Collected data
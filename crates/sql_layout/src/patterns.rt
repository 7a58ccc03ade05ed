//! Laws of the patterns of LIKE and GLOB: how parts are written.

ghost use Rattle.std.specs.Prelude.{◌≡◌, false, List, Some};
ghost use Rattle.event_schema.specs.Events.{IsPlainText};
ghost use Rattle.sql_lang.specs.Faults.{is_bad_like, is_bad_glob};
ghost use Rattle.sql_lang.specs.Meaning.{Part, like_parts, glob_parts};
ghost use Rattle.sql_layout.specs.Escaped.{like_text, glob_text, characters};

/// A written LIKE pattern is right, has no U+0000 that its parts don't have, and reads as its
/// parts.
pub fn like_text_is_read()
    ensures parts { (ps : List Part) → like_parts (Some 92) (like_text ps) ≡ ps }
    ensures good { (ps : List Part) → is_bad_like 92 (like_text ps) ≡ false }
    ensures plain { (ps : List Part) → IsPlainText (characters ps) → IsPlainText (like_text ps) }
{}

/// The same of a written GLOB pattern.
pub fn glob_text_is_read()
    ensures parts { (ps : List Part) → glob_parts (glob_text ps) ≡ ps }
    ensures good { (ps : List Part) → is_bad_glob (glob_text ps) ≡ false }
    ensures plain { (ps : List Part) → IsPlainText (characters ps) → IsPlainText (glob_text ps) }
{}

__Your task__
Line by line, copy the data above exactly as it reads.

__Written response__
filename crates/sql_layout/src/patterns.rt
repository 7a58ccc03ade05ed
//! Laws of the patterns of LIKE and GLOB: how parts are written.

ghost use Rattle.std.specs.Prelude.{◌≡◌, false, List, Some};
ghost use Rattle.event_schema.specs.Events.{IsPlainText};
ghost use Rattle.sql_lang.specs.Faults.{is_bad_like, is_bad_glob};
ghost use Rattle.sql_lang.specs.Meaning.{Part, like_parts, glob_parts};
ghost use Rattle.sql_layout.specs.Escaped.{like_text, glob_text, characters};

/// A written LIKE pattern is right, has no U+0000 that its parts don't have, and reads as its
/// parts.
pub fn like_text_is_read()
    ensures parts { (ps : List Part) → like_parts (Some 92) (like_text ps) ≡ ps }
    ensures good { (ps : List Part) → is_bad_like 92 (like_text ps) ≡ false }
    ensures plain { (ps : List Part) → IsPlainText (characters ps) → IsPlainText (like_text ps) }
{}

/// The same of a written GLOB pattern.
pub fn glob_text_is_read()
    ensures parts { (ps : List Part) → glob_parts (glob_text ps) ≡ ps }
    ensures good { (ps : List Part) → is_bad_glob (glob_text ps) ≡ false }
    ensures plain { (ps : List Part) → IsPlainText (characters ps) → IsPlainText (glob_text ps) }
{}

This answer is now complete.